:: PROBLEM STATEMENT ::
All lines from the opening of the entries below through the line containing "may give anything." must be output exactly as they appear, with no other lines.

#####

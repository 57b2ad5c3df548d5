//! Circuits of operators on words.
//!
//! - `circuits`: an operator, the width of its operands, how many numbers are tried for each and the step between two, and for how many
//!   pairs the circuit gives what the machine gives: `add 8 18 15 => 324`. By zero a division may give anything.
//! - `swapped`: an operator and a width, and what is the same where its operands are swapped: `add 5 => word and graph`.

ghost use Rattle.std.specs.Prelude.{◌≡◌, ◌<◌, IsTrue, length};
ghost use Rattle.std.specs.List.{All};
ghost use Rattle.aig.specs.Graph.{IsIn};

use aig::{Aig, Lit};
use aig_words::{add, div, eq, lt, mul, mux, or, pick, rem, sar, shl, shr, slt, sub, xor};
use case_rows::{Fault, Judge, first_named, put, put_number, size_at, small_at};
use items::both;
use std::alloc::{AllocError, Global};

#[derive(Clone, Copy)]
pub enum Op {
    Add,
    Sub,
    Mul,
    Div,
    Rem,
    Shl,
    Shr,
    Sar,
    Eq,
    Lt,
    Slt,
    Mux,
    Or,
    Xor,
    Pick,
}

static OPS: [(&[u8], Op); 15] = [
    (b"add", Op::Add),
    (b"sub", Op::Sub),
    (b"mul", Op::Mul),
    (b"div", Op::Div),
    (b"rem", Op::Rem),
    (b"shl", Op::Shl),
    (b"shr", Op::Shr),
    (b"sar", Op::Sar),
    (b"eq", Op::Eq),
    (b"lt", Op::Lt),
    (b"slt", Op::Slt),
    (b"mux", Op::Mux),
    (b"or", Op::Or),
    (b"xor", Op::Xor),
    (b"pick", Op::Pick),
];

// Puts new inputs at the end of a word.
fn inputs(aig: &mut Aig, width: usize, word: &mut Vec<Lit>) -> Result<(), AllocError> {
    for _k in 0..width {
        let input = aig.input()?;
        word.push(input)?;
    }
    Ok(())
}

// Whether a word's literals are in the graph.
fn fits(aig: &Aig, word: &[Lit]) -> bool
    ensures { IsTrue result → All (IsIn aig.now) word.now }
{
    let len = aig.len();
    word.iter().all(|l| l.node < len)
}

fn one(alloc: Global, l: Result<Lit, AllocError>) -> Result<Vec<Lit>, AllocError> {
    let l = l?;
    vec![in alloc; l; 1]
}

// The circuit of an operator. A choice goes by the literal c; the last three take the lowest literals alone.
fn circuit(
    alloc: Global,
    aig: &mut Aig,
    op: Op,
    c: Lit,
    a: &[Lit],
    b: &[Lit],
) -> Result<Vec<Lit>, AllocError>
    requires some { 0 < length a.now }
    requires same { length a.now ≡ length b.now }
    requires c_in { IsIn aig.old c }
    requires a_in { All (IsIn aig.old) a.now }
    requires b_in { All (IsIn aig.old) b.now }
{
    match op {
        Op::Add => add(alloc, aig, a, b),
        Op::Sub => sub(alloc, aig, a, b),
        Op::Mul => mul(alloc, aig, a, b),
        Op::Div => div(alloc, aig, a, b),
        Op::Rem => rem(alloc, aig, a, b),
        Op::Shl => shl(alloc, aig, a, b),
        Op::Shr => shr(alloc, aig, a, b),
        Op::Sar => sar(alloc, aig, a, b),
        Op::Eq => one(alloc, eq(aig, a, b)),
        Op::Lt => one(alloc, lt(aig, a, b)),
        Op::Slt => one(alloc, slt(aig, a, b)),
        Op::Mux => mux(alloc, aig, c, a, b),
        Op::Or => one(alloc, or(aig, a[0], b[0])),
        Op::Xor => one(alloc, xor(aig, a[0], b[0])),
        Op::Pick => one(alloc, pick(aig, c, a[0], b[0])),
    }
}

// The same, where the operands meet its conditions.
fn try_circuit(
    alloc: Global,
    aig: &mut Aig,
    op: Op,
    c: Lit,
    a: &[Lit],
    b: &[Lit],
) -> Result<Vec<Lit>, Fault> {
    if a.is_empty() || a.len() != b.len() {
        return Err(Fault::Form);
    }
    if c.node >= aig.len() || !fits(aig, a) || !fits(aig, b) {
        return Err(Fault::Form);
    }
    let word = circuit(alloc, aig, op, c, a, b)?;
    Ok(word)
}

// The value of a literal.
fn bit_of(alloc: Global, aig: &Aig, values: &[bool], l: Lit) -> Result<bool, Fault> {
    if values.len() != aig.input_count() || l.node >= aig.len() {
        return Err(Fault::Form);
    }
    let bit = aig.eval(alloc, values, l)?;
    Ok(bit)
}

// A graph with an operator's operands.
struct Board {
    alloc: Global,
    aig: Aig,
    c: Lit,
    a: Vec<Lit>,
    b: Vec<Lit>,
    out: Vec<Lit>,
    values: Vec<bool>,
}

impl Drop for Board {
    fn drop(self) {
        let Board {
            alloc: _,
            aig: _,
            c: _,
            a: _,
            b: _,
            out: _,
            values: _,
        } = self;
    }
}

// Two numbers, and whether the first is chosen.
#[derive(Clone, Copy)]
struct Given {
    x: u8,
    y: u8,
    chosen: bool,
}

impl Board {
    fn new(alloc: Global, aig: Aig) -> Board {
        Board {
            alloc,
            aig,
            c: Lit::constant(false),
            a: Vec::new(alloc),
            b: Vec::new(alloc),
            out: Vec::new(alloc),
            values: Vec::new(alloc),
        }
    }

    fn lay(&mut self, width: usize) -> Result<(), Fault> {
        self.c = self.aig.input()?;
        inputs(&mut self.aig, width, &mut self.a)?;
        inputs(&mut self.aig, width, &mut self.b)?;
        Ok(())
    }

    fn make(&mut self, op: Op) -> Result<(), Fault> {
        self.out = try_circuit(self.alloc, &mut self.aig, op, self.c, &self.a, &self.b)?;
        Ok(())
    }

    fn make_swapped(&mut self, op: Op) -> Result<Vec<Lit>, Fault> {
        try_circuit(self.alloc, &mut self.aig, op, self.c, &self.b, &self.a)
    }

    // Gives the inputs their values.
    fn set(&mut self, given: Given) -> Result<(), Fault> {
        self.values.clear();
        self.values.push(given.chosen)?;
        set_word(&mut self.values, self.a.len(), given.x)?;
        set_word(&mut self.values, self.b.len(), given.y)
    }

    // The number that the circuit gives.
    fn number(&self) -> Result<i16, Fault> {
        let mut n: i16 = 0;
        let mut bit: i16 = 1;
        for l in &self.out {
            if bit_of(self.alloc, &self.aig, &self.values, *l)? {
                n |= bit;
            }
            bit = bit.wrapping_mul(2);
        }
        Ok(n)
    }

    // Whether the circuit gives what the machine gives.
    fn agrees(&mut self, op: Op, width: u8, given: Given) -> Result<bool, Fault> {
        self.set(given)?;
        let is = self.number()?;
        Ok(match wanted(op, width, given) {
            Some(wanted) => is == wanted,
            None => true,
        })
    }

    // How many pairs of numbers an operator gets right, of those by whose steps the table goes.
    fn right(&mut self, op: Op, width: u8, count: u8, step: u8) -> Result<u64, Fault> {
        let mut right: u64 = 0;
        for i in 0..count {
            for j in 0..count {
                let given = Given {
                    x: i.wrapping_mul(step),
                    y: j.wrapping_mul(step),
                    chosen: (i ^ j) % 2 == 1,
                };
                if self.agrees(op, width, given)? {
                    right = right.saturating_add(1);
                }
            }
        }
        Ok(right)
    }
}

fn set_word(values: &mut Vec<bool>, width: usize, number: u8) -> Result<(), Fault> {
    let mut left = number;
    for _k in 0..width {
        values.push(left % 2 == 1)?;
        left /= 2;
    }
    Ok(())
}

// A number of a width as a two's complement number.
fn read(modulus: i16, n: u8) -> i32 {
    let n = i32::from(n);
    let modulus = i32::from(modulus);
    if n >= modulus / 2 { n - modulus } else { n }
}

// What the machine says of two numbers of a width of at most 8 bits.
fn wanted(op: Op, width: u8, given: Given) -> Option<i16> {
    let Given { x, y, chosen } = given;
    let modulus: i16 = 1 << width.min(8);
    let places = y.min(8);
    let (a, b) = (i32::from(x), i32::from(y));
    let value = match op {
        Op::Add => a + b,
        Op::Sub => a - b,
        Op::Mul => a * b,
        Op::Div => i32::from(x.checked_div(y)?),
        Op::Rem => i32::from(x.checked_rem(y)?),
        Op::Shl => a << places,
        Op::Shr => a >> places,
        Op::Sar => read(modulus, x) >> places,
        Op::Eq => i32::from(x == y),
        Op::Lt => i32::from(x < y),
        Op::Slt => i32::from(read(modulus, x) < read(modulus, y)),
        Op::Mux | Op::Pick => i32::from(if chosen { x } else { y }),
        Op::Or => i32::from(x | y),
        Op::Xor => i32::from(x ^ y),
    };
    i16::try_from(value.rem_euclid(i32::from(modulus))).ok()
}

#[derive(Drop)]
pub struct Circuits {
    pub alloc: Global,
}

fn right(board: &mut Board, op: Op, question: &[u8]) -> Result<u64, Fault> {
    let width = small_at(question, 1)?;
    let count = small_at(question, 2)?;
    let step = small_at(question, 3)?;
    board.lay(usize::from(width))?;
    board.make(op)?;
    board.right(op, width, count, step)
}

// A graph with nothing in it.
fn board_of(alloc: Global) -> Result<Board, Fault> {
    let aig = Aig::new(alloc)?;
    Ok(Board::new(alloc, aig))
}

impl Judge for Circuits {
    fn row(&mut self, question: &[u8], _wanted: &[u8], said: &mut Vec<u8>) -> Result<(), Fault> {
        let op = first_named(&OPS, question)?;
        let mut board = board_of(self.alloc)?;
        let right = right(&mut board, op, question);
        let (_, right) = both(board, right)?;
        put_number(said, right)
    }
}

#[derive(Drop)]
pub struct Swapped {
    pub alloc: Global,
}

// Tells what is the same once the operands are swapped.
fn swap(board: &mut Board, op: Op, said: &mut Vec<u8>) -> Result<(), Fault> {
    let len = board.aig.len();
    let word = board.make_swapped(op)?;
    put_same(
        said,
        board.out.as_slice() == word.as_slice(),
        board.aig.len() == len,
    )
}

fn put_same(said: &mut Vec<u8>, word: bool, graph: bool) -> Result<(), Fault> {
    put(said, if word { b"word" } else { b"no word" })?;
    put(said, if graph { b" and graph" } else { b"" })
}

fn try_swapped(
    board: &mut Board,
    op: Op,
    question: &[u8],
    said: &mut Vec<u8>,
) -> Result<(), Fault> {
    board.lay(size_at(question, 1)?)?;
    board.make(op)?;
    swap(board, op, said)
}

impl Judge for Swapped {
    fn row(&mut self, question: &[u8], _wanted: &[u8], said: &mut Vec<u8>) -> Result<(), Fault> {
        let op = first_named(&OPS, question)?;
        let mut board = board_of(self.alloc)?;
        try_swapped(&mut board, op, question, said)
    }
}
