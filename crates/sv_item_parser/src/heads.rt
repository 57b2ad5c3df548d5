// The heads of generate loops and conditions, up to the `)`. No items stand in them, so they are read here and not beside
// the reader of items, where each function is dear.
ghost use Rattle.sv_cursor.specs.Parsers as parser;
ghost use Rattle.sv_cursor.specs.Parsers.{Reads};
ghost use Rattle.sv_cursor.specs.Tests as test;
ghost use Rattle.sv_item_parser.specs.Items as spec;

use items::both;
use std::alloc::Global;
use sv_cursor::{Cursor, Keyword, Mark, ParseErr};
use sv_outside::Place;
use sv_stmt_parser::{Turns, with_variable};
use sv_tree::{Expr, Word};
use sv_type_parser::expression;

fn maybe_genvar(tokens: &mut Cursor<'_>) -> Result<Option<Place>, ParseErr>
    ensures { Reads (parser.maybe_read (test.keyword_test Keyword.Genvar) (test.keyword Keyword.Genvar) tokens.old) result tokens.new }
{
    match tokens.peek_keyword(Keyword::Genvar) {
        Some(_) => {
            let place = tokens.keyword(Keyword::Genvar)?;
            Ok(Some(place))
        }
        None => Ok(None),
    }
}

/// `genvar`, the variable of a loop, and its turns.
pub type LoopHead = (Option<Place>, (Word, Turns));

/// What stands behind the `for` of a loop (A.4.2, loop_generate_construct).
#[tactic(auto, unfolding(crate::specs::Items::loop_head))]
pub fn loop_head(alloc: Global, tokens: &mut Cursor<'_>) -> Result<LoopHead, ParseErr>
    ensures { Reads (spec.loop_head tokens.old) result tokens.new }
{
    tokens.mark(Mark::LeftParen)?;
    let word = maybe_genvar(tokens)?;
    both(word, with_variable(alloc, tokens))
}

/// What stands behind the `if` of a condition (A.4.2, if_generate_construct).
#[tactic(auto, unfolding(crate::specs::Items::cond_head))]
pub fn cond_head(alloc: Global, tokens: &mut Cursor<'_>) -> Result<Expr, ParseErr>
    ensures { Reads (spec.cond_head tokens.old) result tokens.new }
{
    tokens.mark(Mark::LeftParen)?;
    let condition = expression(alloc, tokens)?;
    let (condition, _) = both(condition, tokens.mark(Mark::RightParen))?;
    Ok(condition)
}
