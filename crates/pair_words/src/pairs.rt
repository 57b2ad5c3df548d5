//! Circuits for single four-valued bits. An operator of an expression takes Z for X, so its operands go through `unfloat` first, and
//! then each rail is a gate or two of the rails: the upper one tells where the bit may be 1, the lower one where it must be. Of a bit that
//! is known both rails are one literal, and `Aig` finds each gate again, so that a circuit of known bits has one gate for both rails.
//! Of two bits that are known an exclusive or is made, which `Aig` may find again by all that is added up.

ghost use Rattle.std.specs.Prelude.{◌≡◌, ◌<◌, IfOk, IsTrue, ◌↔◌, ◌&&◌, ◌||◌, not, if◌then◌else◌};
ghost use Rattle.aig.specs.Graph.{holds, IsIn};
ghost use Rattle.aig_words.specs.Words.{Grew, Obeyed, differ};
ghost use Rattle.fourvec.specs.declared.Bit.TheVariants.{Unknown};
ghost use Rattle.fourvec.specs.Bits.{unfloat_bit, not_bit, and_bit, or_bit, xor_bit, res_bit, merge_bit, keep_bit};
ghost use Rattle.pair_words.specs.Rails.{bit_at, IsWired, one_value, two_value, two_nodes};

use aig::{Aig, Lit};
use aig_words::{or, pick, xor};
use std::alloc::AllocError;

/// A four-valued bit as two literals: 1 is (1,1), 0 is (0,0), X is (1,0) and Z is (0,1) in (`up`, `low`).
#[derive(Clone, Copy)]
pub struct Pair {
    pub up: Lit,
    pub low: Lit,
}

/// An operator on one bit.
#[derive(Clone, Copy)]
pub enum One {
    Unfloat,
    Not,
}

/// An operator on two bits. `Merge` and `Keep` are what a choice makes of its two values where its condition is unknown.
#[derive(Clone, Copy)]
pub enum Two {
    And,
    Or,
    Xor,
    Res,
    Merge,
    Keep,
}

// Two gates, one for each rail.
fn two_gates(aig: &mut Aig, w: Lit, x: Lit, y: Lit, z: Lit) -> Result<Pair, AllocError>
    requires w_in { IsIn aig.old w }
    requires x_in { IsIn aig.old x }
    requires y_in { IsIn aig.old y }
    requires z_in { IsIn aig.old z }
    ensures grew { Grew 2 aig.old aig.new }
    ensures within { IfOk result (λ r. IsWired aig.new r) }
    ensures value { IfOk result (λ r. Obeyed aig.new (λ v. (holds v r.up ≡ (holds v w && holds v x)) × (holds v r.low ≡ (holds v y && holds v z)))) }
{
    let up = aig.and(w, x)?;
    let low = aig.and(y, z)?;
    Ok(Pair { up, low })
}

// The pair that may be 1 where one of two literals is true, and must be 1 where both of two others are.
fn or_and(aig: &mut Aig, w: Lit, x: Lit, y: Lit, z: Lit) -> Result<Pair, AllocError>
    requires w_in { IsIn aig.old w }
    requires x_in { IsIn aig.old x }
    requires y_in { IsIn aig.old y }
    requires z_in { IsIn aig.old z }
    ensures grew { Grew 2 aig.old aig.new }
    ensures within { IfOk result (λ r. IsWired aig.new r) }
    ensures value { IfOk result (λ r. Obeyed aig.new (λ v. (holds v r.up ≡ (holds v w || holds v x)) × (holds v r.low ≡ (holds v y && holds v z)))) }
{
    let gates = two_gates(aig, !w, !x, y, z)?;
    Ok(Pair {
        up: !gates.up,
        low: gates.low,
    })
}

/// Z as X.
pub fn unfloat(aig: &mut Aig, a: Pair) -> Result<Pair, AllocError>
    requires a_in { IsWired aig.old a }
    ensures grew { Grew 2 aig.old aig.new }
    ensures within { IfOk result (λ r. IsWired aig.new r) }
    ensures value { IfOk result (λ r. Obeyed aig.new (λ v. (holds v r.up ≡ (holds v a.up || holds v a.low)) × (holds v r.low ≡ (holds v a.up && holds v a.low)))) }
{
    or_and(aig, a.up, a.low, a.up, a.low)
}

fn inverse(aig: &mut Aig, a: Pair) -> Result<Pair, AllocError>
    requires a_in { IsWired aig.old a }
    ensures grew { Grew 2 aig.old aig.new }
    ensures within { IfOk result (λ r. IsWired aig.new r) }
    ensures value { IfOk result (λ r. Obeyed aig.new (λ v. bit_at v r ≡ not_bit (bit_at v a))) }
{
    let plain = unfloat(aig, a)?;
    Ok(Pair {
        up: !plain.low,
        low: !plain.up,
    })
}

// Both bits, with Z as X.
fn unfloat_both(aig: &mut Aig, a: Pair, b: Pair) -> Result<(Pair, Pair), AllocError>
    requires a_in { IsWired aig.old a }
    requires b_in { IsWired aig.old b }
    ensures grew { Grew 4 aig.old aig.new }
    ensures first_in { IfOk result (λ r. IsWired aig.new r.0) }
    ensures second_in { IfOk result (λ r. IsWired aig.new r.1) }
    ensures first { IfOk result (λ r. Obeyed aig.new (λ v. (holds v r.0.up ≡ (holds v a.up || holds v a.low)) × (holds v r.0.low ≡ (holds v a.up && holds v a.low)))) }
    ensures second { IfOk result (λ r. Obeyed aig.new (λ v. (holds v r.1.up ≡ (holds v b.up || holds v b.low)) × (holds v r.1.low ≡ (holds v b.up && holds v b.low)))) }
{
    let first = unfloat(aig, a)?;
    let second = unfloat(aig, b)?;
    Ok((first, second))
}

fn both(aig: &mut Aig, a: Pair, b: Pair) -> Result<Pair, AllocError>
    requires a_in { IsWired aig.old a }
    requires b_in { IsWired aig.old b }
    ensures grew { Grew 6 aig.old aig.new }
    ensures within { IfOk result (λ r. IsWired aig.new r) }
    ensures value { IfOk result (λ r. Obeyed aig.new (λ v. bit_at v r ≡ and_bit (bit_at v a) (bit_at v b))) }
{
    let (first, second) = unfloat_both(aig, a, b)?;
    two_gates(aig, first.up, second.up, first.low, second.low)
}

fn either(aig: &mut Aig, a: Pair, b: Pair) -> Result<Pair, AllocError>
    requires a_in { IsWired aig.old a }
    requires b_in { IsWired aig.old b }
    ensures grew { Grew 6 aig.old aig.new }
    ensures within { IfOk result (λ r. IsWired aig.new r) }
    ensures value { IfOk result (λ r. Obeyed aig.new (λ v. bit_at v r ≡ or_bit (bit_at v a) (bit_at v b))) }
{
    let (first, second) = unfloat_both(aig, a, b)?;
    let neither = two_gates(aig, !first.up, !second.up, !first.low, !second.low)?;
    Ok(Pair {
        up: !neither.up,
        low: !neither.low,
    })
}

/// Whether two literals are one.
pub fn is_same(a: Lit, b: Lit) -> bool
    ensures { IsTrue result ↔ (a ≡ b) }
{
    a == b
}

// One of `a` and `b` without the other, where the other's opposite rail tells that it may be, or must be, 0.
fn without(aig: &mut Aig, a: Lit, b: Lit, other_a: Lit, other_b: Lit) -> Result<Lit, AllocError>
    requires a_in { IsIn aig.old a }
    requires b_in { IsIn aig.old b }
    requires other_a_in { IsIn aig.old other_a }
    requires other_b_in { IsIn aig.old other_b }
    ensures grew { Grew 3 aig.old aig.new }
    ensures within { IfOk result (λ r. IsIn aig.new r) }
    ensures value { IfOk result (λ r. Obeyed aig.new (λ v. holds v r ≡ ((holds v a && not (holds v other_b)) || (holds v b && not (holds v other_a))))) }
{
    if is_same(a, other_a) && is_same(b, other_b) {
        return xor(aig, a, b);
    }
    let alone = two_gates(aig, a, !other_b, b, !other_a)?;
    or(aig, alone.up, alone.low)
}

fn differ(aig: &mut Aig, a: Pair, b: Pair) -> Result<Pair, AllocError>
    requires a_in { IsWired aig.old a }
    requires b_in { IsWired aig.old b }
    ensures grew { Grew 10 aig.old aig.new }
    ensures within { IfOk result (λ r. IsWired aig.new r) }
    ensures value { IfOk result (λ r. Obeyed aig.new (λ v. bit_at v r ≡ xor_bit (bit_at v a) (bit_at v b))) }
{
    let (first, second) = unfloat_both(aig, a, b)?;
    let up = without(aig, first.up, second.up, first.low, second.low)?;
    let low = without(aig, first.low, second.low, first.up, second.up)?;
    Ok(Pair { up, low })
}

fn resolved(aig: &mut Aig, a: Pair, b: Pair) -> Result<Pair, AllocError>
    requires a_in { IsWired aig.old a }
    requires b_in { IsWired aig.old b }
    ensures grew { Grew 2 aig.old aig.new }
    ensures within { IfOk result (λ r. IsWired aig.new r) }
    ensures value { IfOk result (λ r. Obeyed aig.new (λ v. bit_at v r ≡ res_bit (bit_at v a) (bit_at v b))) }
{
    or_and(aig, a.up, b.up, a.low, b.low)
}

// Whether two bits are not the same.
fn apart(aig: &mut Aig, a: Pair, b: Pair) -> Result<Lit, AllocError>
    requires a_in { IsWired aig.old a }
    requires b_in { IsWired aig.old b }
    ensures grew { Grew 7 aig.old aig.new }
    ensures within { IfOk result (λ r. IsIn aig.new r) }
    ensures value { IfOk result (λ r. Obeyed aig.new (λ v. holds v r ≡ (differ (holds v a.up) (holds v b.up) || differ (holds v a.low) (holds v b.low)))) }
{
    let first = xor(aig, a.up, b.up)?;
    let second = xor(aig, a.low, b.low)?;
    or(aig, first, second)
}

/// The bit where both are equal, else X.
pub fn kept(aig: &mut Aig, a: Pair, b: Pair) -> Result<Pair, AllocError>
    requires a_in { IsWired aig.old a }
    requires b_in { IsWired aig.old b }
    ensures grew { Grew 9 aig.old aig.new }
    ensures within { IfOk result (λ r. IsWired aig.new r) }
    ensures value { IfOk result (λ r. Obeyed aig.new (λ v. bit_at v r ≡ keep_bit (bit_at v a) (bit_at v b))) }
{
    let other = apart(aig, a, b)?;
    or_and(aig, a.up, other, a.low, !other)
}

fn merged(aig: &mut Aig, a: Pair, b: Pair) -> Result<Pair, AllocError>
    requires a_in { IsWired aig.old a }
    requires b_in { IsWired aig.old b }
    ensures grew { Grew 11 aig.old aig.new }
    ensures within { IfOk result (λ r. IsWired aig.new r) }
    ensures value { IfOk result (λ r. Obeyed aig.new (λ v. bit_at v r ≡ merge_bit (bit_at v a) (bit_at v b))) }
{
    let same = kept(aig, a, b)?;
    unfloat(aig, same)
}

fn plain(aig: &mut Aig, a: Pair) -> Result<Pair, AllocError>
    requires a_in { IsWired aig.old a }
    ensures grew { Grew 2 aig.old aig.new }
    ensures within { IfOk result (λ r. IsWired aig.new r) }
    ensures value { IfOk result (λ r. Obeyed aig.new (λ v. bit_at v r ≡ unfloat_bit (bit_at v a))) }
{
    unfloat(aig, a)
}

/// The pair where the condition is true, else X.
pub fn pair_or_x(aig: &mut Aig, c: Lit, a: Pair) -> Result<Pair, AllocError>
    requires c_in { IsIn aig.old c }
    requires a_in { IsWired aig.old a }
    ensures grew { Grew 2 aig.old aig.new }
    ensures within { IfOk result (λ r. IsWired aig.new r) }
    ensures value { IfOk result (λ r. Obeyed aig.new (λ v. bit_at v r ≡ (if holds v c then bit_at v a else Unknown))) }
{
    or_and(aig, !c, a.up, c, a.low)
}

/// The first pair where the condition is true, else the second.
pub fn pick_pair(aig: &mut Aig, c: Lit, a: Pair, b: Pair) -> Result<Pair, AllocError>
    requires c_in { IsIn aig.old c }
    requires a_in { IsWired aig.old a }
    requires b_in { IsWired aig.old b }
    ensures grew { Grew 6 aig.old aig.new }
    ensures within { IfOk result (λ r. IsWired aig.new r) }
    ensures value { IfOk result (λ r. Obeyed aig.new (λ v. bit_at v r ≡ (if holds v c then bit_at v a else bit_at v b))) }
{
    let up = pick(aig, c, a.up, b.up)?;
    let low = pick(aig, c, a.low, b.low)?;
    Ok(Pair { up, low })
}

/// An operator on one bit.
pub fn one_bit(aig: &mut Aig, op: One, a: Pair) -> Result<Pair, AllocError>
    requires a_in { IsWired aig.old a }
    ensures grew { Grew 2 aig.old aig.new }
    ensures within { IfOk result (λ r. IsWired aig.new r) }
    ensures value { IfOk result (λ r. Obeyed aig.new (λ v. bit_at v r ≡ one_value op (bit_at v a))) }
{
    match op {
        One::Unfloat => plain(aig, a),
        One::Not => inverse(aig, a),
    }
}

/// An operator on two bits.
pub fn two_bits(aig: &mut Aig, op: Two, a: Pair, b: Pair) -> Result<Pair, AllocError>
    requires a_in { IsWired aig.old a }
    requires b_in { IsWired aig.old b }
    ensures grew { Grew (two_nodes op) aig.old aig.new }
    ensures within { IfOk result (λ r. IsWired aig.new r) }
    ensures value { IfOk result (λ r. Obeyed aig.new (λ v. bit_at v r ≡ two_value op (bit_at v a) (bit_at v b))) }
{
    match op {
        Two::And => both(aig, a, b),
        Two::Or => either(aig, a, b),
        Two::Xor => differ(aig, a, b),
        Two::Res => resolved(aig, a, b),
        Two::Merge => merged(aig, a, b),
        Two::Keep => kept(aig, a, b),
    }
}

#####

:: ANSWER FOR THIS EXERCISE ::
repository 57b2ad5c3df548d5
//! Circuits of operators on words.
//!
//! - `circuits`: an operator, the width of its operands, how many numbers are tried for each and the step between two, and for how many
//!   pairs the circuit gives what the machine gives: `add 8 18 15 => 324`. By zero a division may give anything.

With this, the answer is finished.